Medical is one of the very few sectors that generally show great resilience during volatile phases in the market. It is also one of the few sectors that have reported earnings growth in the recently concluded first quarter of 2016. Both these features appeal to dividend loving investors.
This is because the dividend paying capacity of a stock is highly dependent on its earnings growth trend and the overall health of the sector to which it belongs. A regular flow of dividends ensures that a steady income flow is generated even if the market remains volatile. Moreover, regular dividend payments demonstrate a company’s sound fundamentals as well as its underlying business strength.

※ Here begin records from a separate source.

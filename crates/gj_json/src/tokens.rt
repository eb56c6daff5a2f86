//! Tokens that are whole at the start of a piece: how far they go, and nothing of what they say.

ghost use Rattle.std.specs.Prelude.{◌≡◌, ◌+◌, ◌-◌, ◌≤◌, ◌<◌, length, take, get_or, IsTrue};
ghost use Rattle.gj_json.specs.Bytes.{quote};
ghost use Rattle.gj_json.specs.Grammar.{letters_of};
ghost use Rattle.gj_json.specs.Internal.FlatParts.{cut};
ghost use Rattle.gj_json.specs.Internal.Scalars.{IsScalar};
ghost use Rattle.gj_json.specs.Internal.WholeTokens.{AreCharacters, IsQuoted, IsString};
ghost use Rattle.gj_json.specs.declared.lanes.TheConstants.{LANES};

use crate::characters::characters_run;
use crate::constant::Constant;
use crate::lanes::{Ascii, LANES, begins, begins_run, run};
use gj_number::unsigned_run;

/// How many bytes the string of plain characters has that is whole at the start of a piece, or 0.
#[inline(always)]
pub fn plain_quoted_run(piece: &[u8]) -> usize
    requires some { 0 < length piece.now }
    requires begins { get_or piece.now 0 0 ≡ quote }
    ensures within { result ≤ length piece.now }
    ensures two { 0 < result → 2 ≤ result }
    ensures quoted { 0 < result → IsQuoted (cut piece.now 1 (result - 1)) (take result piece.now) }
{
    let count = run::<Ascii>(&piece[1..]);
    if count < piece.len() - 1 && piece[count + 1] == b'"' {
        count + 2
    } else {
        0
    }
}

/// How many bytes of the piece are plain characters of a string.
#[inline(always)]
fn plain_text_run(piece: &[u8]) -> usize
    ensures within { result ≤ length piece.now }
    ensures characters { AreCharacters (take result piece.now) }
{
    run::<Ascii>(piece)
}

/// The string that the piece starts with, where it is whole: how many bytes, or 0. Mostly its characters are plain.
#[inline(always)]
pub fn quoted_run(piece: &[u8]) -> usize
    requires some { 0 < length piece.now }
    requires quote { get_or piece.now 0 0 ≡ quote }
    ensures within { result ≤ length piece.now }
    ensures two { 0 < result → 2 ≤ result }
    ensures quoted { 0 < result → IsString (take result piece.now) }
{
    let plain = 1 + plain_text_run(&piece[1..]);
    if plain == piece.len() {
        return 0;
    }
    if piece[plain] == b'"' {
        return plain + 1;
    }
    let end = plain + characters_run(&piece[plain..]);
    if end < piece.len() && piece[end] == b'"' {
        end + 1
    } else {
        0
    }
}

/// Whether the string that the piece starts with has so many characters, and each is plain.
#[inline(always)]
pub fn begins_quoted(piece: &[u8], count: usize) -> bool
    requires room { LANES < length piece.now }
    requires quote { get_or piece.now 0 0 ≡ quote }
    requires few { count < LANES }
    ensures { IsTrue result → IsString (take (count + 2) piece.now) }
{
    begins_run::<Ascii>(&piece[1..], count) && piece[1 + count] == b'"'
}

/// How many bytes the value has that the piece starts with, where it is a string that is whole with two bytes after it, a
/// short number with no sign, or a literal name, or 0.
#[inline(always)]
pub fn scalar_run(piece: &[u8]) -> usize
    requires room { LANES < length piece.now }
    ensures within { result + 1 < length piece.now }
    ensures scalar { 0 < result → IsScalar (take result piece.now) }
{
    match piece[0] {
        b'"' => {
            let count = quoted_run(piece);
            if count + 1 < piece.len() { count } else { 0 }
        }
        b'0'..=b'9' => unsigned_run(piece),
        b'n' => constant_run(Constant::Null, piece),
        b't' => constant_run(Constant::True, piece),
        b'f' => constant_run(Constant::False, piece),
        _ => 0,
    }
}

/// How many bytes the literal name has, where the piece starts with it and is long enough for a comparison, or 0.
#[inline(always)]
pub fn constant_run(which: Constant, piece: &[u8]) -> usize
    ensures within { result ≤ length piece.now }
    ensures letters { 0 < result → take result piece.now ≡ letters_of which }
{
    if piece.len() < LANES {
        return 0;
    }
    match which {
        Constant::Null if begins(piece, b"null            ", 4) => 4,
        Constant::True if begins(piece, b"true            ", 4) => 4,
        Constant::False if begins(piece, b"false           ", 5) => 5,
        _ => 0,
    }
}
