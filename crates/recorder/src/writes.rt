// The writer of records.
ghost use Rattle.std.specs.Prelude.{true, ◌≡◌, ◌≤◌, length};
ghost use Rattle.std.proofs.lemmas.List.Edits.{sets};
ghost use Rattle.laws.specs.Codes.{coded};
ghost use Rattle.recording.specs.Limits.{in_range};
ghost use Rattle.recorder.specs.Write.{record_bytes, put_answer, put_bytes};

use groups::{number_size, put_number};
use laws::{MOST_IDENTIFIER, Refusal, copy_in};
use recording::{MOST_COUNT, MOST_GAP, MOST_REMOTE};

// Whether every number of a record is in its range.
fn in_range(gap: u64, identifier: u32, remote: u32, count: usize) -> bool
    ensures { result ≡ in_range gap identifier remote count }
{
    if MOST_GAP < gap {
        return false;
    }
    if MOST_IDENTIFIER < identifier {
        return false;
    }
    if MOST_REMOTE < remote {
        return false;
    }
    if MOST_COUNT < count as u64 {
        return false;
    }
    true
}

// How many bytes a record takes.
fn record_size(gap: u64, identifier: u32, remote: u32, data: &[u8]) -> usize
    requires { in_range gap identifier remote (length «data».now) ≡ true }
    ensures { result ≡ length (record_bytes gap identifier remote «data».now) }
{
    let first = number_size(gap);
    let second = number_size((2 * identifier + remote) as u64);
    first + second + 1 + data.len()
}

// Fills the first bytes of `out` with the record.
fn fill(out: &mut [u8], gap: u64, identifier: u32, remote: u32, data: &[u8])
    requires data_value { in_range gap identifier remote (length «data».now) ≡ true }
    requires data_in_bounds { length (record_bytes gap identifier remote «data».now) ≤ length out.old }
    ensures { out.new ≡ sets out.old 0 (record_bytes gap identifier remote «data».now) }
{
    let a = put_number(out, 0, gap);
    let b = a + put_number(out, a, (2 * identifier + remote) as u64);
    out[b] = data.len() as u8;
    copy_in(out, b + 1, data);
}

// Puts a record at `at` in the caller's buffer, and answers how many bytes it has.
pub fn put_record(
    buf: &mut [u8],
    at: usize,
    gap: u64,
    identifier: u32,
    remote: u32,
    data: &[u8],
) -> Result<usize, Refusal>
    ensures value { coded result ≡ put_answer buf.old at gap identifier remote «data».now }
    ensures buf_after { buf.new ≡ put_bytes buf.old at gap identifier remote «data».now }
{
    if !in_range(gap, identifier, remote, data.len()) {
        return Err(Refusal::BadNumber);
    }
    let size = record_size(gap, identifier, remote, data);
    if buf.len() < at {
        return Err(Refusal::TooShort);
    }
    if buf.len() - at < size {
        return Err(Refusal::TooShort);
    }
    fill(&mut buf[at..], gap, identifier, remote, data);
    Ok(size)
}
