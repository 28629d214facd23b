// Recordings: the writer of records.
#![tactic(auto)]

mod writes;

pub use writes::put_record;
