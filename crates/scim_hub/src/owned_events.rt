//! Events that own their pieces.
ghost use Rattle.std.specs.Prelude.{◌≡◌};
ghost use Rattle.scim_hub.specs.HubStates.{event_of, owned_event_of};

use crate::events::{Event, EventKind, Stamp};

/// What occurred on a connection, with an owned piece.
pub enum OwnedEventKind {
    /// The connection was opened.
    Joined,
    /// The next piece of the connection's stream arrived.
    Piece(Vec<u8>),
    /// The connection has ended.
    Left,
}

impl Drop for OwnedEventKind {
    fn drop(self) {
        match self {
            OwnedEventKind::Joined | OwnedEventKind::Left => (),
            OwnedEventKind::Piece(_bytes) => (),
        }
    }
}

/// An event that owns its piece.
#[derive(Drop)]
pub struct OwnedEvent {
    /// The number of the connection.
    pub connection: u64,
    pub stamp: Stamp,
    pub kind: OwnedEventKind,
}

impl OwnedEvent {
    /// Returns the event as a hub takes it, with the piece borrowed.
    pub fn event(&self) -> Event<'_>
        ensures { event_of result ≡ owned_event_of self.now }
    {
        let kind = match &self.kind {
            OwnedEventKind::Joined => EventKind::Joined,
            OwnedEventKind::Piece(bytes) => EventKind::Piece(bytes.as_slice()),
            OwnedEventKind::Left => EventKind::Left,
        };
        Event {
            connection: self.connection,
            stamp: self.stamp,
            kind,
        }
    }
}
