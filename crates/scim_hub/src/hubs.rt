//! The hub, which serves many connections with one service.
ghost use Rattle.std.specs.Prelude.{◌≡◌, ◌<◌, ◌≤◌, List, IfOk, OnErr, length, map, take};
ghost use Rattle.std.specs.Borrow.{Lends, sem};
ghost use Rattle.scim_token.specs.TokenFile.{Entry};
ghost use Rattle.scim_token.specs.Tokens.{Knows};
ghost use Rattle.scim_shelf.specs.Stores.{Store, IsStore};
ghost use Rattle.scim_shelf.specs.Shelves.{KeepsRound, settled};
ghost use Rattle.scim_hub.specs.Events.{HubState, Hears, Runs, none_joined};
ghost use Rattle.scim_hub.specs.HubStates.{IsHubState, event_of, owned_event_of, done, result_of};
ghost use Rattle.scim_hub.specs.code.Rounds.{piece_event};
ghost use Rattle.scim_service.specs.Setting.{service_base, service_shelf};
ghost use Rattle.scim_hub.specs.HubSetting.{hub_base, hub_policy, hub_shelf, hub_tokens, refused_tokens_of, with_hub_shelf, with_hub_setting, KeepsHubSetting};
ghost use Rattle.scim_hub.specs.contracts.hubs.Hub.{the_row};

use crate::connections::Connections;
use crate::events::{Event, EventAnswer, EventKind, HubFault, Output};
use crate::owned_events::OwnedEvent;
use crate::rounds::{Pace, Piece};
use scim_policy::Policy;
use scim_route::Routes;
use scim_service::Service;
use scim_shelf::Shelf;
use scim_text::NoMemory;
use scim_token::Tokens;
use std::alloc::Global;

/// Answers the events of many connections with one service.
///
/// A connection joins, its stream arrives in pieces, and the connection leaves. The messages that a piece
/// completes are answered in order, each on behalf of the client that has the message's token. After a reply
/// that closes the connection, the hub shuts the connection and ignores the rest of its stream.
pub struct Hub<S> {
    pub(crate) routes: Routes,
    pub(crate) service: Service<S>,
    pub(crate) tokens: Tokens,
    pub(crate) connections: Connections,
    /// The number of messages that were refused because no client has their token, 2^64 - 1 at most.
    pub(crate) refused: u64,
}

impl<S: Drop> Drop for Hub<S> {
    fn drop(self) {
        let Hub {
            routes: _routes,
            service: _service,
            tokens: _tokens,
            connections: _connections,
            refused: _,
        } = self;
    }
}

impl<S: Shelf> Hub<S> {
    /// Returns a hub without connections over the service, with these routes and the clients' tokens.
    pub fn new(alloc: Global, routes: Routes, service: Service<S>, tokens: Tokens) -> Hub<S>
        ensures service { result.service ≡ service }
        ensures tokens { hub_tokens result ≡ tokens }
        ensures state { (store : Store) → S.stands (service_shelf service) store
            → IsStore (service_base service) store
            → IsHubState S.stands result (none_joined store) }
        ensures refused { refused_tokens_of result ≡ 0 }
    {
        Hub {
            routes,
            service,
            tokens,
            connections: Connections::new(alloc),
            refused: 0,
        }
    }

    /// Handles an event, and returns the outputs for its connection, in order.
    ///
    /// - `Joined`: adds the connection; nothing of its stream has been read. Fails with `AlreadyJoined` if
    ///   the number is in use.
    /// - `Piece`: answers the items that the piece completes, in order, up to the first whose reply closes
    ///   the connection. Then the connection is shut, and further items are dropped. Fails with `Unknown` if
    ///   no connection has the number, and with `Closed` if the connection is shut.
    /// - `Left`: removes the connection. Fails with `Unknown` if no connection has the number.
    ///
    /// After these errors nothing has changed. After `NoMemory` a joining connection hasn't joined; a
    /// connection whose piece was read is shut and its outputs are lost, while the changes of its requests
    /// remain committed. Other connections aren't affected.
    pub fn event(&mut self, alloc: Global, event: &Event<'_>) -> Result<Vec<Output>, HubFault>
        ensures keeps { KeepsHubSetting self.old self.new }
        ensures heard { (entries : List Entry) (state : HubState)
            → Knows entries (hub_tokens self.old)
            → IsHubState S.stands self.old state → S.is_honest (hub_shelf self.new)
            → (next : HubState) × IsHubState S.stands self.new next
            × Hears (hub_policy self.old) (hub_base self.old) entries (event_of event.now) state
            (done result) next }
        ensures round { KeepsRound S.has_round (hub_shelf self.old) (hub_shelf self.new) }
        ensures honest { S.is_honest (hub_shelf self.new) → S.is_honest (hub_shelf self.old) }
        ensures refused { refused_tokens_of self.old ≤ refused_tokens_of self.new }
    {
        match event.kind {
            EventKind::Joined => {
                self.connections.join(alloc, event.connection)?;
                Ok(Vec::new(alloc))
            }
            EventKind::Piece(bytes) => {
                let piece = Piece {
                    connection: event.connection,
                    stamp: event.stamp,
                    bytes,
                };
                self.take(alloc, &piece)
            }
            EventKind::Left => {
                self.connections.leave(event.connection)?;
                Ok(Vec::new(alloc))
            }
        }
    }

    /// Handles the next piece of a connection's stream.
    ///
    /// Fails with `Unknown` if no connection has the number, and with `Closed` if the connection is shut;
    /// then nothing has changed. After `NoMemory` the connection is shut, while the changes of its requests
    /// remain committed.
    fn take(&mut self, alloc: Global, piece: &Piece<'_>) -> Result<Vec<Output>, HubFault>
        ensures keeps { KeepsHubSetting self.old self.new }
        ensures heard { (entries : List Entry) (state : HubState)
            → Knows entries (hub_tokens self.old)
            → IsHubState S.stands self.old state → S.is_honest (hub_shelf self.new)
            → (next : HubState) × IsHubState S.stands self.new next
            × Hears (hub_policy self.old) (hub_base self.old) entries (piece_event piece.now) state
            (done result) next }
        ensures round { KeepsRound S.has_round (hub_shelf self.old) (hub_shelf self.new) }
        ensures honest { S.is_honest (hub_shelf self.new) → S.is_honest (hub_shelf self.old) }
        ensures refused { refused_tokens_of self.old ≤ refused_tokens_of self.new }
    {
        let taken = self.take_in(alloc, piece);
        self.conclude(alloc, true, piece, taken).result
    }

    /// Handles events one after another, and returns the result of each.
    ///
    /// Fails with `NoMemory` if the list of results can't be allocated. Then no event has been handled, and
    /// the hub is unchanged.
    pub fn run(
        &mut self,
        alloc: Global,
        events: &[Event<'_>],
    ) -> Result<Vec<Result<Vec<Output>, HubFault>>, NoMemory>
        ensures keeps { KeepsHubSetting self.old self.new }
        ensures ran { IfOk result (λ results. (entries : List Entry) (state : HubState)
            → Knows entries (hub_tokens self.old) → IsHubState S.stands self.old state
            → S.is_honest (hub_shelf self.new)
            → (next : HubState) × IsHubState S.stands self.new next
            × Runs (hub_policy self.old) (hub_base self.old) entries state
            (map event_of events.now) (map done results.items) next) }
        ensures nothing { OnErr result (self.new ≡ self.old) }
        ensures round { KeepsRound S.has_round (hub_shelf self.old) (hub_shelf self.new) }
        ensures honest { S.is_honest (hub_shelf self.new) → S.is_honest (hub_shelf self.old) }
    {
        let mut results = Vec::with_capacity(alloc, events.len())?;
        for event in events {
            let result = self.event(alloc, event);
            results.push(result).unwrap();
        }
        Ok(results)
    }

    /// Handles the first of these events, and as many of those behind it as a round takes, and returns the answer
    /// to each. No answer is returned before the changes of all of them are on the shelf's device.
    ///
    /// A round takes pieces of different connections, as long as the shelf has rounds and `pace` goes on. If the
    /// shelf can't put their changes on its device, none of them is made, and each request that reached the
    /// service is refused with [`scim_audit::Refusal::Store`]. Connections that don't belong to the round aren't
    /// affected.
    ///
    /// Fails with `NoMemory` if the list of answers can't be allocated. Then no event has been handled, and the hub
    /// is unchanged.
    pub fn round<P: Pace>(
        &mut self,
        alloc: Global,
        events: &[OwnedEvent],
        pace: &P,
    ) -> Result<Vec<EventAnswer>, NoMemory>
        ensures keeps { KeepsHubSetting self.old self.new }
        ensures some { IfOk result (λ answers. 0 < length events.now → 0 < length answers.items) }
        ensures ran { IfOk result (λ answers. (entries : List Entry) (state : HubState)
            → Knows entries (hub_tokens self.old) → IsHubState S.stands self.old state
            → S.has_round (hub_shelf self.old) settled → S.is_honest (hub_shelf self.new)
            → (next : HubState) × IsHubState S.stands self.new next
            × Runs (hub_policy self.old) (hub_base self.old) entries state
            (map owned_event_of (take (length answers.items) events.now))
            (map result_of answers.items) next) }
        ensures nothing { OnErr result (self.new ≡ self.old) }
        ensures settled { (store : Store) → S.stands (hub_shelf self.old) store
            → S.has_round (hub_shelf self.old) settled
            → S.has_round (hub_shelf self.new) settled }
        ensures honest { S.is_honest (hub_shelf self.new) → S.is_honest (hub_shelf self.old) }
        ensures refused { refused_tokens_of self.old ≤ refused_tokens_of self.new }
    {
        let mut answers = Vec::with_capacity(alloc, events.len())?;
        let members = Vec::with_capacity(alloc, events.len())?;
        let [first, rest @ ..] = events else {
            return Ok(answers);
        };
        match self.begin(alloc, first, rest) {
            Some(piece) => Ok(self.together(alloc, &piece, rest, pace, members, answers)),
            None => {
                answers.push(self.alone(alloc, first)).unwrap();
                Ok(answers)
            }
        }
    }

    /// Returns the policy.
    pub fn policy(&self) -> &Policy
        ensures { result.now ≡ hub_policy self.now }
    {
        self.service.policy()
    }

    /// Replaces the policy and the clients' tokens. The connections stay as they are, and the messages that
    /// come next are answered by the new policy, on behalf of the clients that have the new tokens.
    pub fn reload(&mut self, policy: Policy, tokens: Tokens)
        ensures reloaded { self.new ≡ with_hub_setting self.old policy tokens }
        ensures state { (state : HubState) → IsHubState S.stands self.old state
            → IsHubState S.stands self.new state }
    {
        self.service.set_policy(policy);
        self.tokens = tokens;
    }

    /// Returns the number of messages that were refused because no client has their token, 2^64 - 1 at most.
    /// Messages whose replies were lost to `NoMemory` aren't counted.
    pub fn refused_tokens(&self) -> u64
        ensures { result ≡ refused_tokens_of self.now }
    {
        self.refused
    }

    /// Returns the service.
    pub fn service(&self) -> &Service<S>
        ensures { result.now ≡ self.now.service }
    {
        &self.service
    }

    /// Returns the shelf of the service, to read what no request tells, such as audit rows. A change that is
    /// made through this reference is made without the policy and without an audit row.
    pub fn shelf_mut(&mut self) -> &mut S
        ensures* writes_back { sem 𝓛
            (Lends (the_row S.row) S.row self.entry result (λ shelf. with_hub_shelf self.old shelf)) }
        ensures shows { result.now ≡ hub_shelf self.old }
    {
        self.service.shelf_mut()
    }

    /// Returns the service, and drops the connections.
    pub fn into_service(self) -> Service<S>
        ensures { result ≡ self.service }
    {
        let Hub {
            routes: _routes,
            service,
            tokens: _tokens,
            connections: _connections,
            refused: _,
        } = self;
        service
    }
}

Medical’s Growth Prospects Support Yield
We note that expansion into emerging markets, positive demographic trends, product innovation and continuing consolidation are some of the key growth factors for the Medical sector. These aspects will continue to help companies generate steady earnings growth in the near term.
Additionally, the weakening of the U.S. dollar against foreign currencies – which has been a drag on results for quite some time – will drive top and bottom-line growth. Moreover, the recent suspension of the controversial 2.3% medical device excise tax for two years will boost profits for the entire medical device industry, which forms a major part of the Medical sector.
These encouraging factors will certainly help the companies in the Medical space sustain their market-beating dividend yields. And investors with a penchant for high dividend yield stocks will naturally flock this sector, regardless of the sharp vicissitudes in the market.
Our Picks
We have narrowed down our search to the following medical stocks based on a good Zacks Rank and dividend yield of more than 2%.
New York-based Bristol-Myers Squibb Company (NYSE:BMY) is a global specialty biopharmaceutical company. This Zacks Rank #1 (Strong Buy) stock flaunts a dividend yield of 2.06% and has a long-term earnings growth rate of 21.5%.
Investors can also count on Pfizer Inc. (NYSE:PFE) , another Zacks Rank #1 stock. This New York-based company has a solid dividend yield of 3.44% and a long-term earnings growth rate of 5.4%.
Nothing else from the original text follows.